The EEOC has a long history among employers of filing lawsuits for dubious reasons, and in this case, that strategy seems to have come back to haunt it.
A federal district court just ordered the agency to pay $1.9 million in attorneys’ fees to a delivery company it had filed suit against because of a worker’s sexual harassment claims.
The case was EEOC v. CRST Van Expedited, a delivery company. The suit stemmed from a sexual harassment claim made by a female CRST worker against two male co-workers, and a violation of Title VII of the Civil Rights Act of 1964 against the company.
The long and winding road here
The case has a long, winding history through the court system including a $4.7 million verdict against the EEOC, the largest amount every levied against the agency, and a stop in the Supreme Court.
Eventually, it wound up being decided by the U.S. District Court for the Northern District of Iowa. Not only was CRST able to get the Title VII charges dismissed, it also got a $1.9 million attorneys’ fees award.
Why did it rule that way? Essentially because the EEOC failed to follow procedure.
The court said the agency failed to satisfy two crucial statutory requirements for bringing lawsuits under Title VII by not:
- conducting a reasonable investigation, and
- a bona-fide conciliation of the claims.

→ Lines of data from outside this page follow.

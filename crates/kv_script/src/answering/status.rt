//! Answers that tell of a bucket, and of places.

ghost use Rattle.std.specs.Prelude.{◌≡◌, ◌++◌, OnOk, OnErr};
ghost use Rattle.kv_script.specs.Text.{status_text, place_text};

use crate::answering::field::{Field, append_object};
use kv_model::Status;
use std::alloc::{AllocError, Global};

/// The numbers of a bucket, with how many watches are open.
#[tactic(auto, using(crate::proofs::Lines::status_line))]
pub fn append_status(
    alloc: Global,
    out: &mut Vec<u8>,
    bucket: &str,
    status: Status,
    watches: u64,
) -> Result<(), AllocError>
    ensures ok { OnOk result (out.new.items ≡ out.old.items ++ status_text bucket.now status watches) }
    ensures err { OnErr result (out.new.items ≡ out.old.items) }
{
    append_object(
        alloc,
        out,
        &[
            Field::Text("bucket", bucket),
            Field::Number("history", status.history),
            Field::Number("last", status.last),
            Field::Truth("sealed", status.sealed),
            Field::Number("stored", status.stored),
            Field::Number("values", status.values),
            Field::Number("watches", watches),
        ],
    )
}

/// The place of a key: eight hexadecimal digits.
pub fn append_place(alloc: Global, out: &mut Vec<u8>, place: u32) -> Result<(), AllocError>
    ensures ok { OnOk result (out.new.items ≡ out.old.items ++ place_text place) }
    ensures err { OnErr result (out.new.items ≡ out.old.items) }
{
    let digits = hex::encode(alloc, place.to_be_bytes())?;
    append_object(alloc, out, &[Field::Text("place", digits.as_str())])
}
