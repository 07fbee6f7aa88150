//! Writes to a bucket, one or several in one step.

ghost use Rattle.std.specs.Prelude.{◌≡◌, ◌⊎◌, IfErr, IfOk, OnErr, OnOk, List, map};
ghost use Rattle.kv_keys.specs.Outcome.{Refuses};
ghost use Rattle.kv_keys.specs.declared.error.KvError.TheVariants.{OutOfMemory};
ghost use Rattle.kv_model.specs.Acceptance.{accept};
ghost use Rattle.kv_model.specs.Requests.{asked};
ghost use Rattle.kv_model.specs.declared.call.Call.TheVariants.{Write, Seal};
ghost use Rattle.kv_model.specs.Answers.{Revision, Sealed};
ghost use Rattle.kv_model.specs.State.{State};
ghost use Rattle.kv_model.specs.Batches.{IsRefusedAt};
ghost use Rattle.kv_model.specs.declared.call.Call.{Call as ACall};
ghost use Rattle.kv_single.specs.Held.{Represents};
ghost use Rattle.kv_single.specs.Stepping.{IsStep};
ghost use Rattle.kv_single.specs.Batches.{IsBatch, LeadThere};

use crate::bucket::Bucket;
use kv_keys::KvError;
use kv_model::{BatchRefused, Request};
use kv_store::Version;
use kv_trie::{Alone, Companion};

impl Bucket {
    /// Does what is asked, and answers the revision of the write. A refused request changes nothing and uses no
    /// revision; the first reason that fits is answered, want of memory last. Nodes that no watch's
    /// snapshot has are changed where they lie.
    pub fn write(&mut self, request: &Request) -> Result<u64, KvError>
        ensures ok { IfOk result (λ revision. IsStep self.old (Write request.now) (Revision revision) self.new) }
        ensures refused { IfErr result (λ e. (state : State) → Represents state self.old →
            Refuses e (accept state.config (asked request.now) state.acts)) }
        ensures unchanged { OnErr result (self.new ≡ self.old) }
    {
        self.write_with(request, &mut Alone)
    }

    /// As `write`, and lets the companion happen, or does neither: it happens once the write is accepted and has all its
    /// memory, so nothing can be refused behind it. Where the companion is refused, want of memory is answered.
    pub fn write_with<C: Companion>(
        &mut self,
        request: &Request,
        companion: &mut C,
    ) -> Result<u64, KvError>
        requires ready { C.ready companion.old }
        ensures ok { IfOk result (λ revision. IsStep self.old (Write request.now) (Revision revision) self.new) }
        ensures done { OnOk result (C.done companion.old companion.new) }
        ensures refused { IfErr result (λ e. (state : State) → Represents state self.old →
            Refuses e (accept state.config (asked request.now) state.acts)) }
        ensures unchanged { OnErr result (self.new ≡ self.old) }
        ensures kept { IfErr result (λ e. (companion.new ≡ companion.old)
            ⊎ ((e ≡ OutOfMemory) × C.kept companion.old companion.new)) }
    {
        self.version.write_with(self.alloc, request, companion)?;
        Ok(self.version.revision())
    }

    /// Ends writes. A bucket that is sealed already is so again; reads, takes, stops and new watches go on.
    pub fn seal(&mut self) -> Result<(), KvError>
        ensures ok { OnOk result (IsStep self.old Seal Sealed self.new) }
        ensures err { IfErr result (λ e. e ≡ OutOfMemory) }
        ensures unchanged { OnErr result (self.new ≡ self.old) }
    {
        let next = self.version.seal(self.alloc)?;
        self.version = next;
        Ok(())
    }

    /// Does all that is asked in one step, or nothing: each request is judged behind those before it. It answers the
    /// revision of the first write; the others have those from there on. Of no requests nothing is done, and the last
    /// revision is answered.
    ///
    /// Where one is refused the answer is its index and what it is refused with behind those before it, the first
    /// reason that fits, want of memory last. Then nothing has changed, no revision is used, and each watch is as it
    /// was. Want of memory is told at the request during which memory was refused: this one, and those before it, would
    /// have been accepted.
    ///
    /// The writes are made on a snapshot, which costs the nodes of their paths once, however many share them; so a
    /// batch of one write costs more than `write`, which changes them where they lie.
    pub fn write_all(&mut self, requests: &[Request]) -> Result<u64, BatchRefused>
        ensures ok { IfOk result (λ first. IsBatch self.old requests.now first self.new) }
        ensures refused { IfErr result (λ refused. (state : State) → Represents state self.old →
            IsRefusedAt state.config (map asked requests.now) state.acts refused) }
        ensures unchanged { OnErr result (self.new ≡ self.old) }
    {
        let Some((first, rest)) = requests.split_first() else {
            return Ok(self.version.revision());
        };
        let (next, revision) = self.version.apply_all(self.alloc, first, rest)?;
        self.version = next;
        Ok(revision)
    }

    /// As `go_on_to`, for a version that several steps of the model lead to: what some calls do in a row, from every
    /// state that the bucket represents.
    pub fn go_on_through(&mut self, next: Version)
        requires steps { (calls : List ACall) × LeadThere calls self.old (record self.old { version = next }) }
        ensures { self.new ≡ record self.old { version = next } }
    {
        self.version = next;
    }
}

Courts are authorized to award attorneys’ fees to the “prevailing party” (or the winning side) in a Title VII case.
Bottom line: If the EEOC fails to do everything required in the pre-suit process, it can be held financially accountable for those skipped steps.
From an employer perspective, if you do ever wind up in the EEOC’s cross-hairs, it’s worthwhile to double-check the feds are following all proper proper protocols in their process and speak up if you find anything is amiss.